In light of these critiques, what are we to make of a set of topics like the one above? On the one hand, there are clear trends and patterns that can be seen in a visualization like the one above, which tracks the frequency with which these topics appear over the two decades covered by the available data, relative to the other 24 generated topics: Topic 22 (“god life deeply hope...”), for example, experiences a sharp downturn around 1839, but then stays relatively even until the end of the time period in question, while topic 12 (“religious moral school instruction...”) increases drastically around 1841 and topic 10 (“parents guilty crime education…”) around 1845. On the other hand, deciding what exactly binds the words in a given topic together is, in many cases, more difficult than it might appear.

I felt somewhat puzzled and discouraged by the generated topics at first, since, on first glance, there seemed to be a lot repeated words (and numbers) across the topics, and very little in the way of obvious organizing concepts for any of them. It was only after seeing some of the patterns in the visualization of these topics’ relative frequency that I felt more optimistic about the possibility of meaningfully labeling the sets of terms.

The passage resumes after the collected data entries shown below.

// The schema that bytes spell.
ghost use Rattle.std.specs.Prelude.{◌≡◌, ◌≤◌, ◌<◌, ◌++◌, ◌∷◌, [], length, List, IfErr, IfOk, IfSome, OnOk, map, true, false};
ghost use Rattle.xml_tokens.specs.Seen.{seen_part};
ghost use Rattle.content_models.specs.Givens.{given_of, is_large, IsExact};
ghost use Rattle.content_models.specs.Holding.{is_past, Holds, Keeps, Refused, TakesLine, names_of};
ghost use Rattle.content_models.specs.Rules.{rule_of, rules_of};
ghost use Rattle.content_models.specs.Lines.{Given, behind_feed};
ghost use Rattle.content_models.specs.Schemas.{HasName, IsLarge, SpellsSchema, rules};

use crate::error::{ReadError, SchemaError};
use crate::line_reading::{Line, read_line};
use crate::schema::{Declaration, Schema};
use plain_tree::{Kind, Names};
use std::alloc::Global;
use xml_tokens::skip_to;

/// How many models a schema may have.
const MOST_MODELS: usize = 64;

/// What the lines up to now give. Once a limit is passed no more is kept than the names.
#[derive(Drop)]
pub(crate) struct Reader {
    seen: Names,
    kept: Vec<Declaration>,
    large: bool,
}

impl Reader {
    fn new(alloc: Global) -> Reader
        ensures { Holds result [] }
    {
        Reader {
            seen: Names::new(alloc),
            kept: Vec::new(alloc),
            large: false,
        }
    }

    /// Whether no line gave a model to the name of this one.
    fn is_new(&self, line: &Line) -> bool
        ensures new { result ≡ true → (gs : List Given) → Holds self.now gs → HasName line.now.name gs → ⊥ }
        ensures old { result ≡ false → (gs : List Given) → Holds self.now gs → HasName line.now.name gs }
    {
        self.seen
            .find(Kind::Element, line.name.as_slice())
            .is_none()
    }

    fn note(&mut self, alloc: Global, line: &Line) -> Result<(), SchemaError>
        requires { (gs : List Given) → Holds self.old gs → HasName line.now.name gs → ⊥ }
        ensures noted { OnOk result ((gs : List Given) → Holds self.old gs → self.new.seen ≡ names_of (gs ++ given_of line.now ∷ [])) }
        ensures kept { OnOk result (self.new.kept ≡ self.old.kept) }
        ensures large { OnOk result (self.new.large ≡ self.old.large) }
        ensures err { IfErr result (λ error. error ≡ SchemaError.Memory) }
    {
        self.seen
            .intern(alloc, Kind::Element, line.name.as_slice())?;
        Ok(())
    }

    /// Whether a limit is passed with this line.
    fn is_past(&self, line: &Line) -> bool
        ensures { result ≡ is_past self.now line.now }
    {
        self.kept.len() >= MOST_MODELS || line.is_large()
    }

    fn keep(&mut self, line: Line) -> Result<(), SchemaError>
        requires { IsExact line }
        ensures kept { OnOk result ((gs : List Given) → Keeps self.old gs → Keeps self.new (gs ++ given_of line ∷ [])) }
        ensures seen { OnOk result (self.new.seen ≡ self.old.seen) }
        ensures err { IfErr result (λ error. error ≡ SchemaError.Memory) }
    {
        if self.large {
            return Ok(());
        }
        if self.is_past(&line) {
            self.large = true;
            return Ok(());
        }
        self.kept.push(declared(line))?;
        Ok(())
    }

    /// Takes what a line gives.
    fn take(&mut self, alloc: Global, line: Line) -> Result<(), SchemaError>
        requires { IsExact line }
        ensures held { OnOk result ((gs : List Given) → Holds self.old gs → Holds self.new (gs ++ given_of line ∷ [])) }
        ensures new { OnOk result ((gs : List Given) → Holds self.old gs → HasName line.name gs → ⊥) }
        ensures bad { result ≡ Err SchemaError.Bad → (gs : List Given) → Holds self.old gs → HasName line.name gs }
        ensures small { result ≡ Err SchemaError.Large → ⊥ }
    {
        if !self.is_new(&line) {
            return Err(SchemaError::Bad);
        }
        self.note(alloc, &line)?;
        self.keep(line)
    }

    /// Takes the first of the lines, and answers what follows it if it isn't the last.
    fn take_first<'a>(
        &mut self,
        alloc: Global,
        lines: &'a [u8],
    ) -> Result<Option<&'a [u8]>, SchemaError>
        ensures taken { IfOk result (λ next. TakesLine lines.now self.old self.new (seen_part next)) }
        ensures shorter { IfOk result (λ next. IfSome next (λ rest. length rest.now < length lines.now)) }
        ensures bad { result ≡ Err SchemaError.Bad → Refused lines.now self.old }
        ensures small { result ≡ Err SchemaError.Large → ⊥ }
    {
        let after = skip_to(b'\n', lines);
        match read_line(alloc, &lines[..lines.len() - after.len()]) {
            Ok(Some(line)) => match self.take(alloc, line) {
                Ok(()) => Ok(behind_feed(after)),
                Err(error) => Err(error),
            },
            Ok(None) => Ok(behind_feed(after)),
            Err(error) => Err(SchemaError::from(error)),
        }
    }

    fn finish(self) -> Result<Schema, SchemaError>
        requires { self.large ≡ false → length self.kept.items ≤ 64 }
        ensures kept { IfOk result (λ schema. (self.large ≡ false) × (rules_of schema ≡ map rule_of self.kept.items)) }
        ensures large { result ≡ Err SchemaError.Large → self.large ≡ true }
        ensures bad { result ≡ Err SchemaError.Bad → ⊥ }
    {
        if self.large {
            Err(SchemaError::Large)
        } else {
            Ok(Schema {
                declarations: self.kept,
            })
        }
    }
}

/// A name and its model, within the limits.
fn declared(line: Line) -> Declaration
    requires exact { IsExact line }
    requires small { is_large line ≡ false }
    ensures { rule_of result ≡ ((given_of line).name, (given_of line).model) }
{
    Declaration {
        name: line.name,
        code: line.code,
    }
}

/// What follows a line, from its line feed on: another line, unless it is the last.
fn behind_feed(after: &[u8]) -> Option<&[u8]>
    ensures found { seen_part result ≡ behind_feed after.now }
    ensures shorter { IfSome result (λ rest. length rest.now < length after.now) }
{
    match after {
        [] => None,
        [_, rest @ ..] => Some(rest),
    }
}

/// The schema that the bytes spell.
///
/// It is `Bad` exactly where the bytes are not in the grammar or give two models to one name, and `Large` exactly where they are and
/// pass its limits: at most 64 models, at most 64 names in each, and parentheses nested at most 64 deep. It is `Memory` for want of
/// memory alone.
pub fn read_schema(alloc: Global, bytes: &[u8]) -> Result<Schema, SchemaError>
    ensures spelled { IfOk result (λ schema. (gs : List Given) × SpellsSchema bytes.now gs × (rules_of schema ≡ rules gs)) }
    ensures small { IfOk result (λ schema. (gs : List Given) → SpellsSchema bytes.now gs → IsLarge gs → ⊥) }
    ensures bad { result ≡ Err SchemaError.Bad → (gs : List Given) → SpellsSchema bytes.now gs → ⊥ }
    ensures large { result ≡ Err SchemaError.Large → ((gs : List Given) × SpellsSchema bytes.now gs) × ((gs : List Given) → SpellsSchema bytes.now gs → IsLarge gs) }
{
    let mut reader = Reader::new(alloc);
    let mut rest = Some(bytes);
    while let Some(lines) = rest {
        match reader.take_first(alloc, lines) {
            Ok(next) => rest = next,
            Err(error) => return Err(error),
        }
    }
    reader.finish()
}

Let’s look closely at topic 22, which reads, in its “entirety”: “god life deeply hope hopes professes affected anxious heart soul prays wept sin past salvation greatly deep feels confinement account.” Right away, this topic strikes me as one driven primarily by emotion. Words like “hope,” “affected,” “anxious,” “wept,” and “feels” are the most obviously emotional without any need for context, but even words like “deeply,” “heart,” “soul,” and “greatly,” which are not in and of themselves “emotion words,” are emotion-adjacent--that is, it is very easy to imagine how these words might be used in conjunction with emotion words (e..g “deeply feels”; “greatly affected”).

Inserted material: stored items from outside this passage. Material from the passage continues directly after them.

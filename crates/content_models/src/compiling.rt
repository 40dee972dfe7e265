// A model is compiled for a table of names. Its code is read forward for the fronts, and backward for the places.
ghost use Rattle.std.specs.Prelude.{◌≡◌, ◌<◌, ◌≤◌, ◌+◌, ◌^◌, ◌++◌, ◌∷◌, [], drop, get_or, length, set, reverse, IfOk, OnOk};
ghost use Rattle.content_models.specs.Compiling.{Adds, AddsOne, all_places, forward, fronts_after, fronts_left, operand, place_on, places_after, steps_of, top_of, ways_before};
ghost use Rattle.content_models.specs.Postfix.{names_in_code};
ghost use Rattle.content_models.specs.Rules.{rule_of};
ghost use Rattle.content_models.specs.Ways.{places_of, to_end, way_of};

use crate::checker::Row;
use crate::postfix::{Op, names_in_code};
use crate::schema::Declaration;
use crate::ways::{Front, Spot, Way};
use plain_tree::{Kind, Names};
use std::alloc::{AllocError, Global};

const NO_FRONT: Front = Front {
    set: 0,
    nullable: false,
};

const TO_END: Way = Way { set: 0, end: true };

fn bit(at: usize) -> u64
    requires { at < 64 }
    ensures { result ≡ 2 ^ at }
{
    1 << at
}

/// The fronts of the operands that wait, and the number of the next place.
#[derive(Drop)]
struct Fronts {
    at: usize,
    waiting: Vec<Front>,
}

impl Fronts {
    ghost use Rattle.content_models.specs.Passing.{fronts_in};

    fn new(alloc: Global) -> Fronts
        ensures at { result.at ≡ 0 }
        ensures fronts { fronts_in result ≡ [] }
    {
        Fronts {
            at: 0,
            waiting: Vec::new(alloc),
        }
    }

    fn push(&mut self, front: Front) -> Result<(), AllocError>
        ensures fronts { OnOk result (fronts_in self.new ≡ front ∷ fronts_in self.old) }
        ensures at { self.new.at ≡ self.old.at }
    {
        self.waiting.push(front)?;
        Ok(())
    }

    fn pop(&mut self) -> Front
        ensures top { result ≡ top_of (fronts_in self.old) }
        ensures rest { fronts_in self.new ≡ drop 1 (fronts_in self.old) }
        ensures at { self.new.at ≡ self.old.at }
    {
        match self.waiting.pop() {
            Some(front) => front,
            None => NO_FRONT,
        }
    }

    /// Applies an operation, and answers the front of its last operand.
    fn apply(&mut self, op: &Op) -> Result<Front, AllocError>
        requires { self.old.at + names_in_code (op.now ∷ []) ≤ 64 }
        ensures front { IfOk result (λ front. front ≡ operand op.now (fronts_in self.old)) }
        ensures fronts { OnOk result (fronts_in self.new ≡ fronts_after self.old.at op.now (fronts_in self.old)) }
        ensures at { OnOk result (self.new.at ≡ places_after self.old.at op.now) }
    {
        match op {
            Op::Push(_) => {
                self.push(Front {
                    set: bit(self.at),
                    nullable: false,
                })?;
                self.at += 1;
                Ok(NO_FRONT)
            }
            Op::PushNothing => {
                self.push(Front {
                    set: 0,
                    nullable: true,
                })?;
                Ok(NO_FRONT)
            }
            Op::Join => {
                let second = self.pop();
                let first = self.pop();
                self.push(first.then(second))?;
                Ok(second)
            }
            Op::Choose => {
                let second = self.pop();
                let first = self.pop();
                self.push(first.either(second))?;
                Ok(second)
            }
            Op::MakeOptional | Op::MakeAny => {
                let front = self.pop();
                self.push(front.optional())?;
                Ok(front)
            }
            Op::MakeSome => {
                let front = self.pop();
                self.push(front)?;
                Ok(front)
            }
        }
    }
}

/// Reads the code forward: for each operation the front of its last operand. Answers where the model begins.
fn read_fronts(alloc: Global, code: &[Op], fronts: &mut Vec<Front>) -> Result<Front, AllocError>
    requires few { names_in_code code.now ≤ 64 }
    requires empty { fronts.old.items ≡ [] }
    ensures front { IfOk result (λ front. front ≡ top_of (fronts_left 0 [] code.now)) }
    ensures steps { OnOk result (steps_of code.now fronts.new.items (length code.now) ≡ forward 0 [] code.now []) }
    ensures all { OnOk result (length fronts.new.items ≡ length code.now) }
{
    let mut pass = Fronts::new(alloc);
    'ops: for op in code {
        let front = pass.apply(op)?;
        fronts.push(front)?;
    }
    Ok(pass.pop())
}

/// Puts the ways behind the operands of an operation on those that wait.
fn push_ways(ways: &mut Vec<Way>, op: &Op, front: Front, way: Way) -> Result<(), AllocError>
    ensures { OnOk result (reverse ways.new.items ≡ ways_before op.now front way (reverse ways.old.items)) }
{
    match op {
        Op::Push(_) | Op::PushNothing => Ok(()),
        Op::Join => push_two(ways, front.ahead(way), way),
        Op::Choose => push_two(ways, way, way),
        Op::MakeOptional => push_one(ways, way),
        Op::MakeAny | Op::MakeSome => push_one(ways, front.optional().ahead(way)),
    }
}

fn push_one(ways: &mut Vec<Way>, way: Way) -> Result<(), AllocError>
    ensures { OnOk result (reverse ways.new.items ≡ way ∷ reverse ways.old.items) }
{
    ways.push(way)?;
    Ok(())
}

fn push_two(ways: &mut Vec<Way>, lower: Way, upper: Way) -> Result<(), AllocError>
    ensures { OnOk result (reverse ways.new.items ≡ upper ∷ lower ∷ reverse ways.old.items) }
{
    push_one(ways, lower)?;
    push_one(ways, upper)
}

/// Adds a place of the name to its row, if the table has the name.
fn add_named(names: &Names, name: &[u8], spot: Spot, rows: &mut Vec<Row>) -> Result<(), AllocError>
    requires { length rows.old.items ≡ length names.now }
    ensures added { OnOk result (AddsOne names.now name.now spot rows.old.items rows.new.items) }
    ensures rows { OnOk result (length rows.new.items ≡ length rows.old.items) }
{
    match names.find(Kind::Element, name) {
        Some(symbol) => Ok(add_spot(rows, symbol, spot)?),
        None => Ok(()),
    }
}

fn add_spot(rows: &mut Vec<Row>, symbol: usize, spot: Spot) -> Result<(), AllocError>
    requires { symbol < length rows.old.items }
    ensures { OnOk result (rows.new.items ≡ set rows.old.items symbol (get_or rows.old.items symbol [] ++ spot ∷ [])) }
{
    rows[symbol].push(spot)
}

/// Adds the place of an operation, if it is one. Answers the number of the first place that was added.
fn add_place(
    names: &Names,
    model: usize,
    at: usize,
    op: &Op,
    next: Way,
    rows: &mut Vec<Row>,
) -> Result<usize, AllocError>
    requires room { names_in_code (op.now ∷ []) ≤ at }
    requires small { at ≤ 64 }
    requires rows { length rows.old.items ≡ length names.now }
    ensures at { IfOk result (λ first. first + names_in_code (op.now ∷ []) ≡ at) }
    ensures added { IfOk result (λ first. Adds names.now model first (place_on op.now next []) rows.old.items rows.new.items) }
    ensures rows { OnOk result (length rows.new.items ≡ length rows.old.items) }
{
    match op {
        Op::Push(name) => {
            let first = at - 1;
            let spot = Spot {
                model,
                bit: bit(first),
                next,
            };
            add_named(names, name.as_slice(), spot, rows)?;
            Ok(first)
        }
        _ => Ok(at),
    }
}

/// Reads the code backward, and adds the places of the model with this number to the rows.
fn read_places(
    alloc: Global,
    names: &Names,
    model: usize,
    code: &[Op],
    fronts: &[Front],
    rows: &mut Vec<Row>,
) -> Result<(), AllocError>
    requires few { names_in_code code.now ≤ 64 }
    requires all { length fronts.now ≡ length code.now }
    requires places { length (all_places code.now fronts.now) ≡ names_in_code code.now }
    requires rows { length rows.old.items ≡ length names.now }
    ensures added { OnOk result (Adds names.now model 0 (all_places code.now fronts.now) rows.old.items rows.new.items) }
    ensures rows { OnOk result (length rows.new.items ≡ length rows.old.items) }
{
    let mut ways = Vec::new(alloc);
    push_one(&mut ways, TO_END)?;
    let mut at = names_in_code(code);
    let mut left = code.len();
    while left > 0 {
        left -= 1;
        let Some(way) = ways.pop() else {
            return Ok(());
        };
        let op = &code[left];
        at = add_place(names, model, at, op, way, rows)?;
        push_ways(&mut ways, op, fronts[left], way)?;
    }
    Ok(())
}

/// Adds the places of a model to the rows, and answers where it begins.
pub(crate) fn add_model(
    alloc: Global,
    names: &Names,
    model: usize,
    declaration: &Declaration,
    rows: &mut Vec<Row>,
) -> Result<Way, AllocError>
    requires { length rows.old.items ≡ length names.now }
    ensures front { IfOk result (λ way. way ≡ way_of 0 (rule_of declaration.now).1 to_end) }
    ensures added { OnOk result (Adds names.now model 0 (places_of 0 (rule_of declaration.now).1 to_end) rows.old.items rows.new.items) }
    ensures rows { OnOk result (length rows.new.items ≡ length rows.old.items) }
{
    let mut fronts = Vec::new(alloc);
    let front = read_fronts(alloc, &declaration.code, &mut fronts)?;
    read_places(alloc, names, model, &declaration.code, &fronts, rows)?;
    Ok(front.ahead(TO_END))
}
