// The states of a checker.
ghost use Rattle.std.specs.Prelude.{◌≡◌};
ghost use Rattle.std.proofs.Common.{rules};

use crate::sets::Sets;
use slt_grammar::RunState;
use std::alloc::AllocError;

/// From which places of the models the names of a chain's elements end a match. These are places of the name at the front alone.
#[derive(PartialEq, Eq, Hash, Drop)]
pub enum Chain {
    /// There are no elements, which end a match where a model ends.
    Empty,
    /// From none.
    Stuck,
    /// From these of the places of the symbol at the front, a bit for each, of which there are 64 at most.
    Near(usize, u64),
    /// From these places of each model.
    Far(Sets),
}

impl RunState for Chain {
    fn copy(&self) -> Result<Chain, AllocError> {
        match self {
            Chain::Empty => Ok(Chain::Empty),
            Chain::Stuck => Ok(Chain::Stuck),
            Chain::Near(symbol, set) => Ok(Chain::Near(*symbol, *set)),
            Chain::Far(sets) => Ok(Chain::Far(sets.copy()?)),
        }
    }

    ghost use Rattle.content_models.specs.SameChains.{same_chain};

    ghost identical = { same_chain };
}

/// The one state of a checker on its way down.
#[derive(Clone, Copy, Debug, PartialEq, Eq, Hash, Drop)]
pub struct OneState;

impl RunState for OneState {
    fn copy(&self) -> Result<OneState, AllocError> {
        Ok(OneState)
    }

    ghost identical = { Prim.search rules };
}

We might also notice the “doubling” of certain words in the topic (“hope” and “hopes”; “deeply” and “deep”), which could be understood as demonstrating the topic modeling tool’s success in grouping variations of the same base word, or, on the contrary, a significant limitation of the tool (i.e. its inability to consolidate those variations). This is further complicated by the fact that “hope” and “hopes” are both nouns and verbs--could the duplication be registering something more complex about the way that those words are being used? Does one of the words appear in this topic primarily as a noun while the other primarily as a verb?

One conclusion to draw from the marked decrease in topic 22’s presence in the admissions descriptions might be that Larcombe became less preoccupied with the emotional state and behaviors of prisoners as time went on. However, if we look at topic 2, for example, we can see that topic 22 is just one of several topics where emotion words are grouped together into a topic. Though there are no exact overlaps (in terms of individual terms) between the two topics, many of the terms in topic 2 clearly pertain to the emotional life of the prisoners (“hardened,” “feeling,” “desire,” “taciturn”), though, it seems, in a more abstract sense than the terms in topic 22. If we were to classify topic 2 as a topic primarily driven by emotion, that emotion is described more in terms of prisoners’ tendencies and dispositions, rather than moods and particular instances of emotional behaviors. As such, we would have to revise our observation and say instead that Larcombe became less interested in prisoners’ specific emotional beehaviors while his interest in their general disposition remained relatively constant.